Task:
Reproduce only the top of the records, down to and including the line containing "pub mod observed;".

Collected data entries
>>>
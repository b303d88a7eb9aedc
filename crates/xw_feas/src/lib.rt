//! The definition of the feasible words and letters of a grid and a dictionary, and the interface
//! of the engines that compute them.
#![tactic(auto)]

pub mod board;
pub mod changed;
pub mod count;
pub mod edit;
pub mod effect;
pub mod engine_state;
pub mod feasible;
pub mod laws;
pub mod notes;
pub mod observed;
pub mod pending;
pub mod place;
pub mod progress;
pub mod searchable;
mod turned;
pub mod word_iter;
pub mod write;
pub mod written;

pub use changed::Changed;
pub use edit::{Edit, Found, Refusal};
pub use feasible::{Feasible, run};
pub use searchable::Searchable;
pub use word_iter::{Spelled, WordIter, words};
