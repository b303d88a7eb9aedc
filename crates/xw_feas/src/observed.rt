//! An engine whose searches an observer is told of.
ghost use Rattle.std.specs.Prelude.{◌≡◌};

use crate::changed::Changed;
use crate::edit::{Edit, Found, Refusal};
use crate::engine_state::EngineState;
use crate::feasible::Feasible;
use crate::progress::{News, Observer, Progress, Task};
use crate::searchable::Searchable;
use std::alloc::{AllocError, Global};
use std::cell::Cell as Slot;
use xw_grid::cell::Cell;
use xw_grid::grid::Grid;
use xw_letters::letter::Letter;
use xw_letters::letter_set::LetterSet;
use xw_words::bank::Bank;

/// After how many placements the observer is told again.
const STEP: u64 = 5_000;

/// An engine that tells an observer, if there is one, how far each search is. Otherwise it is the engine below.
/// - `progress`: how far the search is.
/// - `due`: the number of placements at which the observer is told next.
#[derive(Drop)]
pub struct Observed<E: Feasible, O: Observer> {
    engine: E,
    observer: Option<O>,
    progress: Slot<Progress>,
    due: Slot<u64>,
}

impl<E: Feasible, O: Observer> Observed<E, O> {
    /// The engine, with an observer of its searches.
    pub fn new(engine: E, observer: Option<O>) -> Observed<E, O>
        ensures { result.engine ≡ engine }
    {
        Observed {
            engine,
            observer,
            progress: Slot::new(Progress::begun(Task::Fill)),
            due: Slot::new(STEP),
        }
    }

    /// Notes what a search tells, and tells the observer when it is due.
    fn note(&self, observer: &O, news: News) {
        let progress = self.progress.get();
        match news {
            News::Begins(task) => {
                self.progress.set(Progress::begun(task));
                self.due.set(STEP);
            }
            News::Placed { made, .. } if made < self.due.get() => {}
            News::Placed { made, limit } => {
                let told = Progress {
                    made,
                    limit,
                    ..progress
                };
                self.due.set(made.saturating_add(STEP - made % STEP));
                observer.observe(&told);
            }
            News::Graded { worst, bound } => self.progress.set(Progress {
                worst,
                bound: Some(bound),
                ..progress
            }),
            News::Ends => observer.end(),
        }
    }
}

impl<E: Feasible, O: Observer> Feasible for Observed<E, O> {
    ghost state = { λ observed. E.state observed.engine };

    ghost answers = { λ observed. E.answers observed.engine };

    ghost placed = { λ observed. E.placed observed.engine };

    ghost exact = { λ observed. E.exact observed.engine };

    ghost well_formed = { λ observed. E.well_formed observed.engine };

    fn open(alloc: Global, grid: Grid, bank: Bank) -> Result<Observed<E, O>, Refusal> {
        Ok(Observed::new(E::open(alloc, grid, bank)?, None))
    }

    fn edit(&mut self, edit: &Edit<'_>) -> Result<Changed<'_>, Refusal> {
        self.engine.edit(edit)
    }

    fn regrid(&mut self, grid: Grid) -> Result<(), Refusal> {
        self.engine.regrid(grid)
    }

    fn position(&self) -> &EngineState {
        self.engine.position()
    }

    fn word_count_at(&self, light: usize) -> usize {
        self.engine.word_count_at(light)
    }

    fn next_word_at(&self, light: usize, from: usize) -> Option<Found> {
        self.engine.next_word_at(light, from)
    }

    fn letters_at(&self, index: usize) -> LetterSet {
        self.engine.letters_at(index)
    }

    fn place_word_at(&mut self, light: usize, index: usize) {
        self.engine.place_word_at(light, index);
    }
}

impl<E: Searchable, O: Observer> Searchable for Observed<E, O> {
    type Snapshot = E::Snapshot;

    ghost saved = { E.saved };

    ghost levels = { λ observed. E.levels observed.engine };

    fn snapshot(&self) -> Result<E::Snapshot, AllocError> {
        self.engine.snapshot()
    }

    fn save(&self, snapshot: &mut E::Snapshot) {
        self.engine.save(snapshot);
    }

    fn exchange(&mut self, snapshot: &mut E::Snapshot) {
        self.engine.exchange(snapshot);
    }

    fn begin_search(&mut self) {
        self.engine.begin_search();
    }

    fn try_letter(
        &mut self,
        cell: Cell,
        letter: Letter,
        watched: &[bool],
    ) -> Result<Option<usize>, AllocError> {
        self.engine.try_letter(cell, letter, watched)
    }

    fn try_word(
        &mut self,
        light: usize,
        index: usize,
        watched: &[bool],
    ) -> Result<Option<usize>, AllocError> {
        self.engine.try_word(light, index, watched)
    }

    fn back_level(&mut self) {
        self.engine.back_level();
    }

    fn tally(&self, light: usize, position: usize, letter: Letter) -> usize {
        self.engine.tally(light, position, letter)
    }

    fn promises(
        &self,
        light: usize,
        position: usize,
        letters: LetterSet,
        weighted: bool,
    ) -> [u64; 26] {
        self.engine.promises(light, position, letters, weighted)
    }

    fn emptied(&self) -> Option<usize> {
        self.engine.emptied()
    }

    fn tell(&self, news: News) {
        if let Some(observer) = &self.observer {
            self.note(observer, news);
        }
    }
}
<<<
Exercise solution:
repository b303d88a7eb9aedc
filename crates/xw_feas/src/lib.rt
//! The definition of the feasible words and letters of a grid and a dictionary, and the interface
//! of the engines that compute them.
#![tactic(auto)]

pub mod board;
pub mod changed;
pub mod count;
pub mod edit;
pub mod effect;
pub mod engine_state;
pub mod feasible;
pub mod laws;
pub mod notes;
pub mod observed;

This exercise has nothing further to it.